St. Andrew's undoubtedly suffered architecturally in the late 19th-century restoration, but it retains visual quality and some interesting features inside.
Architectural Description—The Chancel (22½ ft. by 16 ft.) and chancel arch were rebuilt and the Vestry (12 ft. by 6½ ft.) was added in 1870. But the chancel arch is contrived in a thick wall ending on the S. in a 16th-century buttress of two weathered stages with an elaborately moulded base.
The Nave (42 ft. by 21 ft.) has in the N. wall a rounded arch of one plain order opening to the N. pew; it is plastered but no doubt contemporary with the last, though the hollow-chamfered imposts are later. Further W., where the wall has a moulded ashlar plinth, are two windows of the late 17th century, each of two elliptical-headed lights under a square outer head with chamfered reveals and a moulded label with returned stops. The S. wall has, as described with the chancel, a 16th-century buttress at the E. end and another, contemporary with the ashlar facing, at the W. end. It contains towards the E. a three-light window of the 17th century; this has graduated lights with renewed elliptical heads, chamfered reveals and mullions cut down in width. Westward is a second window reset and altered but of c. 1330; it is of two lights with two-centred heads with a recut pierced spandrel and chamfered reveals. The 12th-century S. doorway has a semicircular arch of one stop-chamfered order springing from moulded imposts with nail-head decoration on chamfered jambs. W. of the foregoing is a third window, of the 15th century but also reset, of two two-centred lights under a square head and with chamfered reveals. These three windows and the doorway all have rebuilt and plastered flat rear arches.
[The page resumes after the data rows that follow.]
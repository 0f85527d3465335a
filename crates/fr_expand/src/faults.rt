//! What is wrong with the names of an expression.
ghost use Rattle.std.specs.Prelude.{◌≡◌, ◌≤◌, ◌+◌, ◌++◌, map, length, IfOk, OnOk};
ghost use Rattle.fr_syntax.specs.Weights.{weight};
ghost use Rattle.fr_scope.specs.Meanings.{meaning_of, most_numbered};
ghost use Rattle.fr_value.specs.Data.{total};
ghost use Rattle.fr_expand.specs.Faults.{clean, with, value_fault, callee_fault, unless_keyword, is_keyword, binding_faults, chain_faults, named, all_faults, chained_faults, faults};
ghost use Rattle.fr_expand.specs.Shapes.{exprs_of, names_of};

use crate::bindings::{bind, binding_faults, chain_faults, is_keyword};
use crate::view::{Names, Parts, View, view_of};
use fr_scope::{Globals, Meaning, Scope};
use fr_syntax::Expr;
use fr_value::Symbol;
use std::alloc::{AllocError, Global};

/// What is wrong with the names of an expression or of a form.
#[derive(Clone, Copy, Debug, PartialEq, Eq)]
pub struct Faults {
    /// A name stands where what it means may not, or is bound though it is reserved.
    pub name: bool,
    /// A name means nothing.
    pub unbound: bool,
    /// A name is bound or defined twice.
    pub twice: bool,
}

impl Faults {
    ghost use Rattle.std.specs.Prelude.{◌≡◌};
    ghost use Rattle.fr_expand.specs.Faults.{clean, misplaced, meaningless, with};

    /// Nothing is wrong.
    pub(crate) fn clean() -> Faults
        ensures { result ≡ clean }
    {
        Faults {
            name: false,
            unbound: false,
            twice: false,
        }
    }

    /// A name stands where what it means may not.
    pub(crate) fn misplaced() -> Faults
        ensures { result ≡ misplaced }
    {
        Faults {
            name: true,
            unbound: false,
            twice: false,
        }
    }

    /// A name means nothing.
    pub(crate) fn meaningless() -> Faults
        ensures { result ≡ meaningless }
    {
        Faults {
            name: false,
            unbound: true,
            twice: false,
        }
    }

    /// What is wrong with one or the other.
    pub(crate) fn with(self, other: Faults) -> Faults
        ensures { result ≡ with self other }
    {
        Faults {
            name: self.name || other.name,
            unbound: self.unbound || other.unbound,
            twice: self.twice || other.twice,
        }
    }
}

/// What is wrong with a name that stands for a value and means this.
fn value_fault(meaning: Option<Meaning>) -> Faults
    ensures { result ≡ value_fault meaning }
{
    match meaning {
        None => Faults::meaningless(),
        Some(Meaning::Variable(_) | Meaning::Source(_)) => Faults::clean(),
        Some(Meaning::Function(_) | Meaning::Primitive(_)) => Faults::misplaced(),
    }
}

/// What is wrong with a name that is called and means this.
fn callee_fault(meaning: Option<Meaning>) -> Faults
    ensures { result ≡ callee_fault meaning }
{
    match meaning {
        None => Faults::meaningless(),
        Some(Meaning::Variable(_) | Meaning::Source(_)) => Faults::misplaced(),
        Some(Meaning::Function(_) | Meaning::Primitive(_)) => Faults::clean(),
    }
}

/// What is wrong with a name that stands for a value.
fn name_faults(globals: &Globals, scope: &Scope, name: &Symbol) -> Faults
    ensures { result ≡ unless_keyword (is_keyword name.now) (value_fault (meaning_of globals.now scope.now name.now)) }
{
    if is_keyword(name) {
        return Faults::misplaced();
    }
    value_fault(globals.meaning(scope, name))
}

/// What is wrong with the names of an expression, where these variables are in scope.
///
/// It takes time in the expression's size, but for the sorting of names that are bound together.
#[cycle(faults)]
#[tactic(auto, using(crate::proofs::Views::faults_opens, crate::proofs::Views::weight_opens))]
pub(crate) fn faults_in(
    alloc: Global,
    globals: &Globals,
    scope: &mut Scope,
    expr: &Expr,
) -> Result<Faults, AllocError>
    requires { length scope.old + weight expr.now ≤ most_numbered }
    ensures found { IfOk result (λ f. f ≡ faults globals.now expr.now scope.old) }
    ensures scope { OnOk result (scope.new ≡ scope.old) }
{
    match view_of(expr) {
        View::Literal(_) => Ok(Faults::clean()),
        View::Name(name) => Ok(name_faults(globals, scope, name)),
        View::Call(callee, parts) => {
            let called = callee_fault(globals.meaning(scope, callee));
            Ok(called.with(faults_in_each(alloc, globals, scope, parts)?))
        }
        View::If(test, then, other) => {
            let found = faults_in(alloc, globals, scope, test)?;
            let rest = faults_in_group(alloc, globals, scope, Parts::Two(then, other))?;
            Ok(found.with(rest))
        }
        View::Chain(names, parts, body) => {
            faults_in_chain(alloc, globals, scope, names, parts, body)
        }
        View::Cond(tests, parts, other) => {
            let tested = faults_in_each(alloc, globals, scope, tests)?;
            let chosen = faults_in_each(alloc, globals, scope, parts)?;
            let last = faults_in(alloc, globals, scope, other)?;
            Ok(tested.with(chosen.with(last)))
        }
        View::And(parts) | View::Or(parts) => faults_in_each(alloc, globals, scope, parts),
        View::Operator(_, parts) => faults_in_group(alloc, globals, scope, parts),
        View::Binding(_, parts, names, body) => {
            faults_in_binding(alloc, globals, scope, names, parts, body)
        }
        View::Feedback(name, first, body) => {
            let (names, parts) = (Names::One(name), Parts::One(first));
            faults_in_binding(alloc, globals, scope, names, parts, body)
        }
    }
}

/// What is wrong in any.
#[cycle(faults)]
fn faults_in_group(
    alloc: Global,
    globals: &Globals,
    scope: &mut Scope,
    parts: Parts<'_>,
) -> Result<Faults, AllocError>
    requires { length scope.old + total (map weight (exprs_of parts)) ≤ most_numbered }
    ensures found { IfOk result (λ f. f ≡ all_faults (map (faults globals.now) (exprs_of parts.entry)) scope.old) }
    ensures scope { OnOk result (scope.new ≡ scope.old) }
{
    match parts {
        Parts::One(part) => faults_in(alloc, globals, scope, part),
        Parts::Two(first, second) => {
            let found = faults_in(alloc, globals, scope, first)?;
            Ok(found.with(faults_in(alloc, globals, scope, second)?))
        }
        Parts::Each(parts) => faults_in_each(alloc, globals, scope, parts),
    }
}

/// What is wrong in any.
#[cycle(faults)]
fn faults_in_each(
    alloc: Global,
    globals: &Globals,
    scope: &mut Scope,
    parts: &[Expr],
) -> Result<Faults, AllocError>
    requires { length scope.old + total (map weight parts.now) ≤ most_numbered }
    ensures found { IfOk result (λ f. f ≡ all_faults (map (faults globals.now) parts.now) scope.old) }
    ensures scope { OnOk result (scope.new ≡ scope.old) }
{
    let mut found = Faults::clean();
    for part in parts {
        found = found.with(faults_in(alloc, globals, scope, part)?);
    }
    Ok(found)
}

/// What is wrong in what binds names together: in the names, in the parts, which don't see them, and in the body.
#[cycle(faults)]
fn faults_in_binding(
    alloc: Global,
    globals: &Globals,
    scope: &mut Scope,
    names: Names<'_>,
    parts: Parts<'_>,
    body: &Expr,
) -> Result<Faults, AllocError>
    requires { length scope.old + length (names_of names) + total (map weight (exprs_of parts)) + weight body.now ≤ most_numbered }
    ensures found { let bound = names_of names.entry in
        IfOk result (λ f. f ≡ with (binding_faults bound) (with (all_faults (map (faults globals.now) (exprs_of parts.entry)) scope.old) (faults globals.now body.now (scope.old ++ named bound)))) }
    ensures scope { OnOk result (scope.new ≡ scope.old) }
{
    let bound = binding_faults(alloc, names)?;
    let found = faults_in_group(alloc, globals, scope, parts)?;
    let outer = scope.len();
    bind(scope, names)?;
    let below = faults_in(alloc, globals, scope, body)?;
    scope.cut(outer);
    Ok(bound.with(found.with(below)))
}

/// What is wrong in a `let*`: a part sees the names before it, and the body all.
#[cycle(faults)]
fn faults_in_chain(
    alloc: Global,
    globals: &Globals,
    scope: &mut Scope,
    names: &[Symbol],
    parts: &[Expr],
    body: &Expr,
) -> Result<Faults, AllocError>
    requires { length scope.old + length names.now + total (map weight parts.now) + weight body.now ≤ most_numbered }
    ensures found { IfOk result (λ f. f ≡ with (chain_faults names.now) (chained_faults names.now (map (faults globals.now) parts.now) (faults globals.now body.now) scope.old)) }
    ensures scope { OnOk result (scope.new ≡ scope.old) }
{
    let outer = scope.len();
    let mut found = chain_faults(names);
    for at in 0..names.len().min(parts.len()) {
        found = found.with(faults_in(alloc, globals, scope, &parts[at])?);
        scope.push(&names[at])?;
    }
    found = found.with(faults_in(alloc, globals, scope, body)?);
    scope.cut(outer);
    Ok(found)
}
The Savage Pew (14 ft. square), to judge by the style and the painted heraldic decoration within, was built c. 1680 and before 1683. It has a moulded stone plinth and ashlar dressings and quoins. In each of the E. and W. walls and high in the N. wall is a horizontally-set oval window, and below the third a square-headed window of two lights. The foregoing have moulded architraves, the former each with four axial keystones. In the W. wall is a doorway, now blocked, with a moulded architrave.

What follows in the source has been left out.